Title of article :
Semi-surgical percutaneous dilatational tracheostomy vs. conventional percutaneous dilatational tracheostomy: A prospective randomized trial
Author/Authors :
Nikbakhsh, Novin Department of Surgery - Babol University of Medical Sciences, Babol , Amri, Fatemeh Babol University of Medical Sciences, Babol , Monadi, Mahmood Department of Internal Medicine - Babol University of Medical Sciences, Babol , Amri, Parviz Clinical Research Development Unit of Ayatollah Rouhani Hospital - Babol University of Medical Sciences, Babol , Bijani, Ali Mobility Impairment Research Center - Babol University of Medical Sciences, Babol
Abstract :
Background: Percutaneous dilatational tracheostomy (PDT) is a common surgical
procedure in the ICU. The present study was conducted to compare semi-surgical
percutaneous dilatational tracheostomy (SSPDT) with conventional percutaneous
dilatational tracheostomy (CPDT).
Methods: The present randomized clinical trial was conducted on 160 patients hospitalized
in the medical intensive care units (ICUs) with an indication for tracheostomy and were
systematically divided into two equal groups of 80. In the CPDT group, after a small
incision, a 16-gauge needle was blindly inserted into the trachea and the guidewire was
placed inside the lumen. A stoma was created by passing a single dilator over the guidewire.

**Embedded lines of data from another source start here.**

//! The relayed addresses of a server, which are those that its sockets are bound to where no option says otherwise.

ghost use Rattle.std.specs.Prelude.{IfOk, IfErr};
ghost use Rattle.command_line.specs.Relayed.{IsRelayedIp, IsRelayedIp6, IsNoRelayedIp, IsNoRelayedIp6};

use crate::{Options, ServerOptions};
use std::net::Ipv4Addr;
use thiserror::Error;

/// Why a server has no relayed address. Displays as the line for standard error.
#[derive(Clone, Copy, Debug, PartialEq, Eq, Error)]
pub enum RelayedError {
    /// Sockets are bound to all addresses of the machine, and none is given as the relayed one.
    #[error("error: '--relay-ip <A>' is required with '--listen 0.0.0.0'")]
    NoRelayIp,
    /// A relayed IPv6 address is given, and none that sockets are bound to.
    #[error("error: '--relay-ip6 <HEX>' needs '--listen6 <A>'")]
    NoListen6,
}

/// Returns the relayed IPv4 address of a server: that of `--relay-ip`, or else that of `--listen`.
/// See docs/DECISIONS.md, "The default of a server's relayed address".
///
/// # Errors
/// `NoRelayIp` where `--relay-ip` is not given, and `--listen` is 0.0.0.0.
pub fn relayed_ip(
    server: &ServerOptions<'_>,
    options: &Options<'_>,
) -> Result<Ipv4Addr, RelayedError>
    ensures ok { IfOk result (IsRelayedIp server.now options.now) }
    ensures refused { IfErr result (IsNoRelayedIp server.now options.now) }
{
    match options.relay_ip {
        Some(ip) => Ok(ip),
        None if server.listen.is_unspecified() => Err(RelayedError::NoRelayIp),
        None => Ok(server.listen),
    }
}

/// Returns the relayed IPv6 address of a server, if there is one: that of `--relay-ip6`, or else that of `--listen6`.
///
/// # Errors
/// `NoListen6` where `--relay-ip6` is given, and `--listen6` is not.
pub fn relayed_ip6(
    server: &ServerOptions<'_>,
    options: &Options<'_>,
) -> Result<Option<[u8; 16]>, RelayedError>
    ensures ok { IfOk result (IsRelayedIp6 server.now options.now) }
    ensures refused { IfErr result (IsNoRelayedIp6 server.now options.now) }
{
    match (options.relay_ip6, server.listen6) {
        (Some(_), None) => Err(RelayedError::NoListen6),
        (Some(octets), Some(_)) => Ok(Some(octets)),
        (None, Some(listen)) => Ok(Some(listen.octets())),
        (None, None) => Ok(None),
    }
}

In the SSPDT group, a transverse incision (2 cm) was made 1 cm below the cricoid, and the
tracheal ring was then fully reached by releasing the subcutaneous tissues using the index
figure, and PDT was then performed. The two groups were compared in terms of their
tracheostomy complications (including bleeding, pneumothorax, stoma infection and
accidental decannulation) and duration of the procedure.

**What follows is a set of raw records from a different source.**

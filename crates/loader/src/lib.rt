//! Loads programs: decodes their bytes and verifies them, so that what is loaded can run.
#![tactic(auto)]

mod loaded;
mod loading;
mod refusal;

pub use loaded::{BUDGET, Loaded, WEIGHT, law_limits, load};
pub use loading::{LoadProgress, LoadRemains, Loading};
pub use refusal::LoadError;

Results: The two groups were homogeneous in terms of age, gender, mean APACHE score
(P>0.05). There were no significant differences between the two groups in terms of the mean
time from tracheal intubation to tracheostomy (P=0.869). The duration of the procedure was
5.16±1.72 minutes in the SSPDT group and 6.42±1.71 in the CPDT group (P<0.001). The
complication rate was 7(8.75%) in the SSPDT group and 16(20%) in the CPDT group
(P=0.043).
Conclusion: SSPDT is safer and has fewer complications than CPDT in ICU patients
Keywords :
Intensive care unit , Percutaneous dilatational tracheostomy , Complications
Journal title :
Caspian Journal of Internal Medicine (CJIM)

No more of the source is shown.